> **ASSIGNMENT**
From the entries below, copy every line that holds the word "twice".

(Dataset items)
☆ ☆ ☆ ☆ ☆
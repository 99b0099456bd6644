//! Renamings whose second write fails, whose report isn't printed, and whose room is told.

use crate::rows::{failing, holds, owned_words};
use morpheus_top::morpheus;
use project_store::{MemorySink, MemoryStore, SureSink, SureStore};
use std::alloc::{AllocError, Global};
use std::test::Fail;
use text_edits::{Files, SourceFile};

/// The sample project.
const SAMPLE: [(&str, &str); 4] = [
    ("p.toml", SAMPLE_PROJECT),
    ("counter.h", COUNTER_HEADER),
    ("counter.c", COUNTER),
    ("main.c", SAMPLE_MAIN),
];

const SAMPLE_PROJECT: &str = "features = [\"TRACE\", \"DOUBLE\", \"WIDE\"]
headers = [\"counter.h\"]
[[unit]]
file = \"counter.c\"
[[unit]]
file = \"main.c\"
";

const COUNTER_HEADER: &str = "#ifndef COUNTER_H
#define COUNTER_H
#define CLAMP(v, top) ((v) > (top) ? (top) : (v))
struct counter {
    int total;
#ifdef WIDE
    long high;
#endif
};
void add(struct counter *c, int n);
#endif
";

/// The same with the new name of the member.
const RENAMED_COUNTER_HEADER: &str = "#ifndef COUNTER_H
#define COUNTER_H
#define CLAMP(v, top) ((v) > (top) ? (top) : (v))
struct counter {
    int sum;
#ifdef WIDE
    long high;
#endif
};
void add(struct counter *c, int n);
#endif
";

const COUNTER: &str = "#include \"counter.h\"
static int twice(int v) { return v * 2; }
void add(struct counter *c, int n)
{
    int step = n;
#ifdef DOUBLE
    step = twice(step);
#endif
    c->total = CLAMP(c->total + step, 9);
#ifdef WIDE
    c->high = c->high + 1;
#endif
}
";

const SAMPLE_MAIN: &str = "#include <stdio.h>
#include \"counter.h\"
int main(void)
{
    struct counter c = { 0 };
    int i;
    for (i = 0; i < 3; i++) {
        add(&c, i);
#ifdef TRACE
        putchar('0' + c.total);
#endif
    }
    putchar('0' + c.total);
    putchar('\\n');
    return 0;
}
";

/// A local that hides what is renamed, in one configuration.
const HIDING: [(&str, &str); 2] = [
    (
        "p.toml",
        "features = [\"A\", \"B\"]\n[[unit]]\nfile = \"m.c\"\n",
    ),
    (
        "m.c",
        "int x;\nint main(void) {\n#ifdef B\nint z; z = 1;\n#endif\nx = 2;\nreturn x;\n}\n",
    ),
];

/// The second write is the sixth call, behind a read of each file.
const SECOND_WRITE: u32 = 6;

/// The bytes of the four files in `out`, and of their names.
const ROOM: u64 = 872;

fn files_of(alloc: Global, texts: &[(&str, &str)]) -> Result<Files, AllocError> {
    let mut list = Vec::new(alloc);
    for (name, text) in texts {
        let name = String::from_str(alloc, name)?;
        let bytes = Vec::from_slice(alloc, text.as_bytes())?;
        list.push(SourceFile { name, bytes })?;
    }
    Ok(Files { list })
}

#[test]
fn what_is_written_before_a_fault_is_whole(rt: HostRuntime) -> Result<(), Fail> {
    let alloc = rt.alloc();
    let words = owned_words(alloc, &["rename", "p.toml", "counter.h@111", "sum", "out"])?;
    let mut store = MemoryStore::new(
        alloc,
        files_of(alloc, &SAMPLE)?,
        failing(alloc, SECOND_WRITE)?,
    );
    let mut out = MemorySink::new(alloc, failing(alloc, 0)?);
    assert_eq!(rt; morpheus(alloc, &words, &mut store, &mut out), 4);
    assert_eq!(rt; out.bytes(), b"write fault\n".as_slice());
    assert!(rt; holds(&store, "out/counter.h", Some(RENAMED_COUNTER_HEADER)));
    assert!(rt; holds(&store, "out/main.c", None));
    assert!(rt; holds(&store, "out/p.toml", None));
    for (name, text) in &SAMPLE {
        assert!(rt; holds(&store, name, Some(text)));
    }
    Ok(())
}

#[test]
fn a_refusal_that_is_not_printed_writes_nothing(rt: HostRuntime) -> Result<(), Fail> {
    let alloc = rt.alloc();
    let words = owned_words(alloc, &["rename", "p.toml", "m.c@4", "z", "out"])?;
    let mut store = MemoryStore::new(alloc, files_of(alloc, &HIDING)?, failing(alloc, 0)?);
    let mut out = MemorySink::new(alloc, failing(alloc, 1)?);
    assert_eq!(rt; morpheus(alloc, &words, &mut store, &mut out), 6);
    assert!(rt; holds(&store, "out/m.c", None));
    assert!(rt; holds(&store, "out/p.toml", None));
    Ok(())
}

#[test]
fn told_room_suffices(rt: HostRuntime) -> Result<(), Fail> {
    let alloc = rt.alloc();
    let words = owned_words(alloc, &["rename", "p.toml", "counter.h@111", "sum", "out"])?;
    let mut store = SureStore::new(alloc, files_of(alloc, &SAMPLE)?, 4, ROOM)?;
    let mut out = SureSink::new(alloc, 28)?;
    assert_eq!(rt; morpheus(alloc, &words, &mut store, &mut out), 0);
    assert_eq!(rt; out.bytes(), b"renamed 5 tokens in 3 files\n".as_slice());
    assert_eq!(rt;
        store.get("out/counter.h"),
        Some(RENAMED_COUNTER_HEADER.as_bytes())
    );
    assert_eq!(rt; store.get("out/p.toml"), Some(SAMPLE_PROJECT.as_bytes()));
    Ok(())
}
☆ ☆ ☆ ☆ ☆
> **RESPONSE**
static int twice(int v) { return v * 2; }
    step = twice(step);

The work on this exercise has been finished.